# Tour of California Plans



## thien (Feb 18, 2004)

With the ToC coming up next month, what are your viewing plans? Anyone making the trip down to SoCal to follow the entire race?

List some of your favorite stages and spots to view from...


----------



## CoLiKe20 (Jan 30, 2006)

work..work..work.. then see bike race on off day.


----------



## thien (Feb 18, 2004)

CoLiKe20 said:


> work..work..work.. then see bike race on off day.


What stage you gonna check out?


----------



## bari (Jan 31, 2007)

*ToC Santa Rosa*

I am going to Santa Rosa for the Feb 18 finish a few days ahead and do some riding around Forestville-Etc. Anyone familiar with the territory & what is a good ride there?


----------



## CoLiKe20 (Jan 30, 2006)

thien said:


> What stage you gonna check out?


I live in San Carlos so I will probably ride down to PA to check out the prologue. Parking that day is probably more horrible than it usually is in PA.


----------



## mike6108 (Jun 12, 2004)

I was thinking of riding up the west side of Mt. Hamilton (I've never done that climb) to cheer the boys on as they summit from the east side. Any thoughts on what time of the day they would close the road? Would hate to start the climb and then be told partway up that I can't reach the summit.


----------



## noavg55 (Jan 2, 2003)

i live in modesto so ill go see the start that day ,will try and get to pal alto but i think that might be to crazy with people.


----------



## ukiahb (Jan 26, 2003)

bari said:


> I am going to Santa Rosa for the Feb 18 finish a few days ahead and do some riding around Forestville-Etc. Anyone familiar with the territory & what is a good ride there?


LOTS of good riding, and FWIW there is a bike path from Forestville to downtown Santa Rosa

see http://go.northbay.pressdemocrat.com/clip/outdoors.cfm?activity=Cycling
for 40 rides in the area

and the local cycling club site is at srcc.com, many more rides shown with detailed directions and maps


----------



## frecciaceleste (Feb 4, 2005)

Restricted access to Mount Hamilton stage 

I have been an avid cyclist for nearly forty year's. I have always followed the pro ranks and longed for a truly great race such the Amgen Tour of California. 

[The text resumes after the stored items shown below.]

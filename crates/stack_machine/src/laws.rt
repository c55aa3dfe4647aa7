//! What holds of every code.

ghost use Rattle.std.specs.Prelude.{ℕ, List};
ghost use Rattle.thread_steps.specs.States.{Thread};
ghost use Rattle.stack_code.specs.declared.instruction.Instr.{Instr};
ghost use Rattle.stack_code.specs.layer.Codes.{Codes};
ghost use Rattle.stack_machine.specs.code.Bodies.{GoesOn};
ghost use Rattle.stack_machine.specs.code.Inside.{Enters, GoesInside};
ghost use Rattle.stack_machine.specs.code.Standing.{GoesByReplies};

/// What one instruction does goes by the body and the replies that it hears alone: not by the actions before, nor by
/// the replies that follow.
#[tactic(auto, using(crate::proofs::Instructions::goes_on))]
pub fn instructions_go_on()
    ensures { (τ : Thread) (functions : List (List Instr)) → GoesOn τ functions }
{}

/// A machine that goes on as its instructions say, and keeps nothing of the actions and replies before, answers what
/// the code means on the replies that it was given.
#[tactic(auto, using(crate::proofs::Standings::goes_by_replies))]
pub fn machines_go_by_replies()
    ensures { (codes : Codes) (thread budget : ℕ) → GoesByReplies codes thread budget }
{}

/// A machine that goes on inside a call of the library, reply by reply, answers what the code means on the replies that
/// it was given.
#[tactic(auto, using(crate::proofs::Inside::goes_inside))]
pub fn calls_go_by_replies()
    ensures { (codes : Codes) (thread budget : ℕ) → GoesInside codes thread budget }
{}

/// The instruction of a call of the library leads into the call.
#[tactic(auto, using(crate::proofs::Entering::enters))]
pub fn calls_are_entered()
    ensures { (codes : Codes) (thread budget : ℕ) → Enters codes thread budget }
{}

So when the TOC was coming to my town (San Jose) a couple of years ago I was ecstatic, but at the same time I wondered why the tour didn't climb over Mt. Hamilton. A stage over that brute could certainly level the playing field among the racers. When I heard the announcement last year that in fact it was going too really, happen I was beside myself. 

Then I read a recent NCNCA blog that we the spectators would be restricted access, I said this cannot be. We will not be able to view the race up close on one of the great climbs in the bay area if not California. 

First and foremost, this is professional bike race and if they want to promote it and have it become a truly great race, they need to make it personal not some still shots and Helicopter views from afar. 

People need to see the race first hand. To be able to watch a race up close, as on Sierra rd. or other vantage points on the tour is what makes people bond to the sport and come back for more.


----------